Ghost Rider: Background
The song encapsulates the cathartic role of Neil’s 55,000-mile motorcycle journey around North America and parts of Mexico in 1998 after he was struck by personal tragedy.
The piece is a “carafe splashing one of Rush’s greatest examples of passionate melody.”—Martin Popoff, Contents Under Pressure
In the line, “from the lowest low to the highest high,” Neil refers to Telescope Peak, the highest summit in Death Valley, California. His climb to the top of the peak took on new meaning after his descent; his next stop was Los Angeles, where he met his new wife.
“In October 1999, when I had been rambling aimlessly around the West for the better part of a year, trying to find some way to face the world again, I hiked to that 11,049-foot summit. The next day, I rode on to Los Angeles, where I met Carrie, and my whole life changed completely (and needless to say, positively). An irresistible metaphor seemed to arise there—that I had climbed to the highest point in Death Valley from the lowest, then descended to travel onward and find Life again.

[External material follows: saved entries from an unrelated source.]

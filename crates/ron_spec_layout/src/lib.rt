//! The layout: the text that is written of data, as a function that contracts cite, and the law that it is read back.
//!
//! It promises the crates above that the layout by every configuration whose texts are blank, under every set of
//! extensions, spells the data's normal form (`layouts_are_read_back`), that of a value without a schema too
//! (`layouts_of_values_are_read_back`), and a range as its struct (`ranges_are_read_back`).
#![tactic(auto)]

ghost use Rattle.ron_spec_layout.specs.RangeStatement.{AreRangesSpelled};
ghost use Rattle.ron_spec_layout.specs.Statement.{AreAlike, FollowsLayout, IsAlone, IsAtAnyLevel, IsBackSame, IsDepth};
ghost use Rattle.ron_spec_layout.specs.Statement.{IsNormal, IsPastLimit, IsPending, IsReadBack, IsReadBackFirst, IsSpelled};
ghost use Rattle.ron_spec_layout.specs.ValueStatement.{IsLaidAsData, IsSpelledValue, IsValueKept, IsValueReadBack};

/// Under every configuration whose texts are blank, and whose new line ends the doc comments that are written, the
/// layout of data of a well-formed schema, that code can hold and whose names can be written, stands behind any gap for
/// data that is the same as the normal form, bare or not; and the whole text, with its announcements, is a document of
/// such data under the default extensions alone, where there are none of the data that is read back at the very start.
/// Of a configuration its suffixes alone bear on the normal form, and its compact ranges alone on a writer's depth.
/// Past the depth limit no level matters, and without a configuration none does.
pub fn layouts_are_read_back()
    ensures follows { FollowsLayout }
    ensures spelled { IsSpelled }
    ensures back { IsBackSame }
    ensures reads_back { IsReadBack }
    ensures first { IsReadBackFirst }
    ensures alike { AreAlike }
    ensures pending { IsPending }
    ensures past { IsPastLimit }
    ensures level { IsAtAnyLevel }
    ensures alone { IsAlone }
    ensures depth { IsDepth }
    ensures normal { IsNormal }
{}

/// Under every configuration whose texts are blank, the layout of a value without a schema, that code can hold and
/// whose Somes the text tells, stands for the normal form of the value, bare or not, and as a whole text it is a
/// document of it. With suffixes, where Somes are written, the value is read back as it is. In data it is laid out
/// likewise.
pub fn layouts_of_values_are_read_back()
    ensures spelled { IsSpelledValue }
    ensures reads_back { IsValueReadBack }
    ensures kept { IsValueKept }
    ensures laid { IsLaidAsData }
{}

/// The text of data as a compact range stands for its normal form, bare or not, and takes no level.
pub fn ranges_are_read_back()
    ensures spelled { AreRangesSpelled }
{}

In the book Ghost Rider I had used Telescope Peak as an important symbol, and had written some lyrics called ‘Telescope Peak,’ too, around the refrain of ‘the last lonely day.’ . . . The best lines from ‘Telescope Peak’ were [used in] ‘Ghost Rider’ and ‘How It Is’ [and other songs], so nothing was lost.”—Neil in News, Weather & Sports, December 2008
During the writing and recording of the Vapor Trails album, the band was on the verge of abandoning “Ghost Rider” until their co-producer and engineer Paul Northfield suggested changes. “He could help us judge the performances as “finished” or “not yet,” and he saw possibilities that sometimes escaped us (urging “Ghost Rider” from the verge of abandonment to its glorious realization, for example).”—Neil in the Vapor Trails tour book
~ by rvkeeper on January 12, 2011.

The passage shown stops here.